Bacteria after 4 hours 

Bacteria after 4 hours and 30 minutes 

Bacteria after 5 hours 
11. How long would it take for the population of bacteria to increase from 1 bacterium to 500 bacteria?
How long would it take for the population of bacteria to increase from 500 bacteria to 1000 bacteria?
Notice that, when a population doubles every 30 minutes, the number of bacteria in the population increases faster and faster as the population gets larger. This kind of population growth is called exponential growth.
12. To see what exponential growth looks like in a graph, use the data from the table on the previous page to plot the number of bacteria at each time in this graph.
13. Why does the slope of this exponential growth curve get much steeper in the fourth and fifth hours of population growth?

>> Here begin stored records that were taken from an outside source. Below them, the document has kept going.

//! Changes of the rows of `_Validation`, which the library bars: they are made in a table beside the package, and then
//! the package is made anew with columns as the rows describe them.

use msipkg_format::{Shown, said};
use msipkg_import::VALIDATION;
use msipkg_import::losses::{Descriptions, is_held};
use msipkg_import::rows::columns_of;
use msipkg_import::rules::rule_about;
use msipkg_import::validation::{copied_rows, make_anew};
use msipkg_packages::msi::{Column, Error, Insert, Package, Row, Statement, Value};
use msipkg_packages::new_package;
use msipkg_packages::output::{Failure, Opened};
use msipkg_statements::moved_statement;
use std::alloc::{AllocError, Global};

/// The table in which the rows are changed.
const RULES: &str = "Rules";

/// Changes rows of `_Validation` by a statement. An insert replaces what the package says of a column by itself.
///
/// # Errors
/// Fails as the statement and making the package anew do, if the package is signed, at a row that the columns don't
/// agree with, and at a row that is deleted although its column is there. Then the package is to be dropped.
pub(crate) fn change_validation(
    alloc: Global,
    package: &mut Package<Opened>,
    statement: Statement,
) -> Result<(), Failure> {
    if package.has_digital_signature() {
        return Err(Failure::rule("its digital signature would be lost; remove it first"));
    }
    let old = copied_rows(alloc, package, VALIDATION)?;
    let new = changed_rows(alloc, package, statement)?;
    make_anew(alloc, package, new.as_slice())?;
    check_held(alloc, package, new.as_slice())?;
    check_deleted(alloc, package, old.as_slice(), new.as_slice())
}

/// Returns the rows of `_Validation` as a statement changes them.
fn changed_rows(
    alloc: Global,
    package: &Package<Opened>,
    statement: Statement,
) -> Result<Vec<Vec<Value>>, Failure> {
    let mut rules = new_package(alloc, package.package_type())?;
    rules.create_table(
        RULES,
        copied_columns(alloc, columns_of(package, VALIDATION))?,
    )?;
    let rows = match statement {
        Statement::Insert(_) => telling_rows(alloc, package)?,
        Statement::Select(_) | Statement::Update(_) | Statement::Delete(_) => {
            copied_rows(alloc, package, VALIDATION)?
        }
    };
    rules.insert_rows(Insert::into(alloc, RULES)?.rows(rows)?)?;
    change_rules(&mut rules, moved_statement(alloc, RULES, statement)?)?;
    copied_rows(alloc, &rules, RULES)
}

fn copied_columns(alloc: Global, columns: &[Column]) -> Result<Vec<Column>, Error> {
    let mut copies = Vec::with_capacity(alloc, columns.len())?;
    for column in columns {
        copies.push(column.clone(alloc)?)?;
    }
    Ok(copies)
}

/// Returns the rows that say more of a column than whether it takes null.
fn telling_rows(alloc: Global, package: &Package<Opened>) -> Result<Vec<Vec<Value>>, Failure> {
    let mut rows = Vec::new(alloc);
    for row in copied_rows(alloc, package, VALIDATION)? {
        if !says_nothing(row.as_slice()) {
            rows.push(row)?;
        }
    }
    Ok(rows)
}

fn change_rules(rules: &mut Package<Opened>, statement: Statement) -> Result<(), Error> {
    match statement {
        Statement::Select(_) => Ok(()),
        Statement::Insert(insert) => rules.insert_rows(insert),
        Statement::Update(update) => rules.update_rows(update),
        Statement::Delete(delete) => rules.delete_rows(delete),
    }
}

/// Fails at the first row that a package doesn't have.
fn check_held(
    alloc: Global,
    package: &Package<Opened>,
    rows: &[Vec<Value>],
) -> Result<(), Failure> {
    let held = Descriptions::of(alloc, package)?;
    for row in rows {
        let (table, column) = names_of(row.as_slice());
        match held.about(table, column)? {
            Some(stored) => {
                if let Some(cell) = lost_cell(package, row.as_slice(), stored) {
                    return Err(said(cell_fault(alloc, table, column, cell)));
                }
            }
            None => return Err(said(row_fault(alloc, table, column, "there is no such column"))),
        }
    }
    Ok(())
}

/// Returns the name of the first column of `_Validation` in which a row differs from the one that is stored.
fn lost_cell<'a>(package: &'a Package<Opened>, row: &[Value], stored: &Row) -> Option<&'a str> {
    let columns = columns_of(package, VALIDATION);
    for i in 0..stored.len() {
        if let (Some(column), Some(value)) = (columns.get(i), row.get(i))
            && !is_held(column.name(), value, &stored[i])
        {
            return Some(column.name());
        }
    }
    None
}

/// Fails at the first row that isn't there any more although its column is: each column has a row.
fn check_deleted(
    alloc: Global,
    package: &Package<Opened>,
    old: &[Vec<Value>],
    new: &[Vec<Value>],
) -> Result<(), Failure> {
    for row in old {
        let (table, column) = names_of(row.as_slice());
        let is_deleted = rule_about(new, table, column).is_empty();
        if is_deleted && !says_nothing(row.as_slice()) && has_column(package, table, column) {
            return Err(said(row_fault(alloc, table, column, "its column is still there")));
        }
    }
    Ok(())
}

fn says_nothing(row: &[Value]) -> bool {
    row.iter().skip(3).all(|value| value.is_null())
}

fn has_column(package: &Package<Opened>, table: &str, column: &str) -> bool {
    match package.get_table(table) {
        Some(table) => table.has_column(column),
        None => false,
    }
}

/// Returns the table and the column that a row is about.
fn names_of(row: &[Value]) -> (&str, &str) {
    match row {
        [Value::Str(table), Value::Str(column), ..] => (table.as_str(), column.as_str()),
        _ => ("", ""),
    }
}

fn row_fault(alloc: Global, table: &str, column: &str, fault: &str) -> Result<String, AllocError> {
    let (table, column) = (Shown::escaped(table), Shown::escaped(column));
    format!(in alloc; "_Validation: row {table}/{column}: {fault}")
}

fn cell_fault(alloc: Global, table: &str, column: &str, cell: &str) -> Result<String, AllocError> {
    let (table, column, cell) = (
        Shown::escaped(table),
        Shown::escaped(column),
        Shown::escaped(cell),
    );
    format!(in alloc;
        "_Validation: row {table}/{column}: its {cell} isn't what the column can have"
    )
}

If exponential growth continued for 10 hours, the original single bacterium would increase to a population of over one million bacteria. This illustrates how exponential growth can result in a very rapid increase in population size.
14. In the real world, no population of bacteria or any other biological organism can keep increasing exponentially forever. Why not?

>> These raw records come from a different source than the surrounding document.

//! `transform apply FILE T..`: transforms that are applied to a package.

ghost use Rattle.std.specs.Prelude.{OnOk, length};
ghost use Rattle.msi.specs.Whole.{Whole};
ghost use Rattle.msipkg_changes.specs.TransformsInTurn.{AreApplied, IsApplied, IsMended};

use crate::change::Manner;
use crate::outcome::Outcome;
use crate::recounting::{mend_first, noted};
use msipkg_format::{Shown, said};
use msipkg_packages::msi::transforms::{ErrorConditions, Fault, RecordPlace, Refusal, Transform};
use msipkg_packages::msi::{ErrorKind, Package};
use msipkg_packages::output::{Failure, Opened, System};
use msipkg_transforms::{TransformFile, key_at, read_transform, words_of};
use std::alloc::{AllocError, Global};

/// Transforms that are applied to a package.
#[derive(Clone, Copy)]
pub struct Transforms<'a, 'b> {
    /// What names them, in the order in which they are applied: a file, a storage of one as `FILE:NAME`, or a storage
    /// of the package's own file as `:NAME`.
    pub words: &'b [&'a str],
    /// Which errors are ignored. Without it those are that the summary of each transform says.
    pub passing: Option<ErrorConditions>,
}

/// Applies transforms in turn. Counts that are too low for that are mended first, or the failure has the note that
/// counting anew mends them.
pub(crate) fn apply_transforms(
    rt: &System,
    file: &str,
    package: &mut Package<Opened>,
    asked: Transforms<'_, '_>,
    manner: Manner,
    outcome: &mut Outcome,
) -> Result<(), Failure>
    ensures ok { OnOk result ((mended : Whole) × IsMended «package».old mended
        × AreApplied asked.entry.passing (length asked.entry.words.now) mended «package».new) }
{
    mend_first(package, manner, outcome);
    apply_in_turn(rt, file, package, asked)
}

fn apply_in_turn(
    rt: &System,
    file: &str,
    package: &mut Package<Opened>,
    asked: Transforms<'_, '_>,
) -> Result<(), Failure>
    ensures ok { let count = length asked.entry.words.now in
        OnOk result (AreApplied asked.entry.passing count «package».old «package».new) }
{
    for word in asked.words {
        if let Err(failure) = apply_named(rt, file, package, word, asked.passing) {
            return Err(failure.at(rt.alloc(), "transform", word));
        }
    }
    Ok(())
}

fn apply_named(
    rt: &System,
    file: &str,
    package: &mut Package<Opened>,
    word: &str,
    passing: Option<ErrorConditions>,
) -> Result<(), Failure>
    ensures ok { OnOk result (IsApplied passing «package».old «package».new) }
{
    let read = read_named(rt, file, word)?;
    let passing = match passing {
        Some(passing) => passing,
        None => read.conditions(),
    };
    match package.apply_transform(&read.transform, passing) {
        Ok(()) => Ok(()),
        Err(refusal) => {
            let failure = failure_of(rt.alloc(), package, &read.transform, passing, refusal);
            Err(noted(package, failure))
        }
    }
}

fn read_named(rt: &System, file: &str, word: &str) -> Result<TransformFile, Failure> {
    if !word.starts_with(':') {
        return read_transform(rt, word);
    }
    let place = format!(in rt.alloc(); "{file}{word}")?;
    read_transform(rt, place.as_str())
}

/// Returns the failure of a transform that is refused: at which record, why, and what ignores it. The package may
/// have changed then.
fn failure_of(
    alloc: Global,
    package: &mut Package<Opened>,
    transform: &Transform,
    passing: ErrorConditions,
    refusal: Refusal,
) -> Failure {
    let place = match refusal.place() {
        Some(place) => place_text(alloc, package, transform, place),
        None => Ok(String::new(alloc)),
    };
    let lenient = lenient_for(package, transform, passing, &refusal);
    match place {
        Ok(place) if place.is_empty() && lenient.is_none() => Failure::from(refusal.into_error()),
        Ok(place) => said(refusal_text(alloc, place.as_str(), &refusal, lenient)),
        Err(error) => Failure::from(error),
    }
}

fn refusal_text(
    alloc: Global,
    place: &str,
    refusal: &Refusal,
    lenient: Option<ErrorConditions>,
) -> Result<String, AllocError> {
    let hint = match lenient {
        Some(conditions) => hint_text(alloc, conditions)?,
        None => String::new(alloc),
    };
    format!(in alloc; "{place}{}{hint}", refusal.error())
}

/// Returns the table, the record's number, from 1 on, and the key, where the record can be read.
fn place_text(
    alloc: Global,
    package: &Package<Opened>,
    transform: &Transform,
    place: RecordPlace,
) -> Result<String, AllocError> {
    let name = match transform.tables().nth(place.table) {
        Some((name, _)) => name.as_str(),
        None => "",
    };
    let (table, number) = (Shown::escaped(name), place.record_number.saturating_add(1));
    match key_at(alloc, package, transform, place) {
        Some(key) => {
            let key = Shown::escaped(key.as_str());
            format!(in alloc; "table {table}: record {number} (key {key}): ")
        }
        None => format!(in alloc; "table {table}: record {number}: "),
    }
}

/// The words are all that has to be given: those of errors that were ignored already, too.
fn hint_text(alloc: Global, conditions: ErrorConditions) -> Result<String, AllocError> {
    let words = words_of(alloc, conditions)?;
    format!(in alloc; " (--ignore {words} ignores it)")
}

/// Returns conditions that ignore a refusal, if one error more does. That is tried, so the package may change.
fn lenient_for(
    package: &mut Package<Opened>,
    transform: &Transform,
    passing: ErrorConditions,
    refusal: &Refusal,
) -> Option<ErrorConditions> {
    for fault in faults_of(refusal.error().kind()) {
        if !passing.passes(*fault) {
            let mut lenient = passing;
            lenient.pass(*fault);
            if gets_past(&package.apply_transform(transform, lenient), refusal) {
                return Some(lenient);
            }
        }
    }
    None
}

/// Returns the errors of records that are of a kind.
fn faults_of(kind: ErrorKind) -> &'static [Fault] {
    match kind {
        ErrorKind::AlreadyExists => &[Fault::AddedRowExists, Fault::AddedTableExists],
        ErrorKind::NotFound => &[
            Fault::RemovedRowMissing,
            Fault::ChangedRowMissing,
            Fault::RemovedTableMissing,
        ],
        ErrorKind::InvalidInput => &[Fault::OtherPage],
        ErrorKind::InvalidData | ErrorKind::Io | ErrorKind::OutOfMemory => &[],
    }
}

/// Returns whether applying a transform was refused later than at a refusal, or not at all.
fn gets_past(applied: &Result<(), Refusal>, refusal: &Refusal) -> bool {
    match applied {
        Ok(()) => true,
        Err(other) if matches!(other.error().kind(), ErrorKind::OutOfMemory) => false,
        Err(other) => {
            other.place() != refusal.place()
                || other.error().kind() != refusal.error().kind()
                || other.error().reason() != refusal.error().reason()
        }
    }
}
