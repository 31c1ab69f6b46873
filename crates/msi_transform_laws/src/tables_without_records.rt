//! Tables of which a transform that is made has no records.

ghost use Rattle.msi_transform_laws.specs.TablesWithoutRecords.{TablesWithoutRecordsStay};

/// A table of the new package of which the transform has no records has the old package's rows; one that comes or gets
/// columns has none.
pub fn tables_without_records_stay()
    ensures { TablesWithoutRecordsStay }
{}
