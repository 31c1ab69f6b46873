//! Packages that meet the premises of these laws.

ghost use Rattle.msi_transform_laws.specs.PremisesMet.{PremisesCanBeMet};

/// There are two packages of which a transform can be made, and that meet what the law on applying it asks for: one
/// table, of one row, which differs.
pub fn premises_can_be_met()
    ensures { PremisesCanBeMet }
{}
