/// Rows of before become those of the sheet that is shown. Only those on which touched lines bear are read; it says
/// which. Mostly no line was touched, which is seen at once.
#[inline(always)]
pub fn read_touched(rows: &mut Vec<Row>, screen: &Screen) -> Result<Span, AllocError>
    ensures rows { (before : List (List Cell)) → Tells before screen.now
        → length before ≡ screen.now.picture.lines
        → rows.old.items ≡ rows_read screen.now.picture.lines before
        → OnOk result (rows.new.items ≡ rows_read screen.now.picture.lines screen.now.picture.rows) }
    ensures others { IfOk result (λ span. Stays span rows.old.items rows.new.items) }
{
    let _cursor = screen.cursor();
    if !screen.any_touched() {
        return Ok(Span::none());
    }
    read_lines(rows, screen)
}

/// The same of each line.
#[inline(never)]
fn read_lines(rows: &mut Vec<Row>, screen: &Screen) -> Result<Span, AllocError>
    ensures rows { (before : List (List Cell)) → Tells before screen.now
        → length before ≡ screen.now.picture.lines
        → rows.old.items ≡ rows_read screen.now.picture.lines before
        → OnOk result (rows.new.items ≡ rows_read screen.now.picture.lines screen.now.picture.rows) }
    ensures others { IfOk result (λ span. Stays span rows.old.items rows.new.items) }
{
    let _cursor = screen.cursor();
    let mut span = Span::none();
    if rows.len() != screen.lines() as usize {
        return Ok(span);
    }
    let mut line = next_unlike(screen, 1);
    while line <= screen.lines() {
        let row = &mut rows[line as usize - 1];
        read_again(
            row,
            screen.row(line),
            screen.used(line),
            next_row(screen, line),
        )?;
        span = span.widened(line as usize - 1);
        line = next_unlike(screen, line + 1);
    }
    Ok(span)
}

All organisms require resources such as water and nutrients to grow and reproduce. The environment where a population is growing has only a limited amount of resources. As the population gets larger, there will not be enough resources to support the continued rapid growth of the population. The rate of growth of the population will slow down, and, finally, the population will reach a maximum size which is called the carrying capacity of the environment. This type of logistic growth curve is illustrated in the figure.
15. Which characteristic of the logistic growth curve could be caused by increasing competition for food as population size increases? Use an arrow to indicate this characteristic.
16. Which part of the logistic growth curve looks like exponential growth? Circle this in the figure.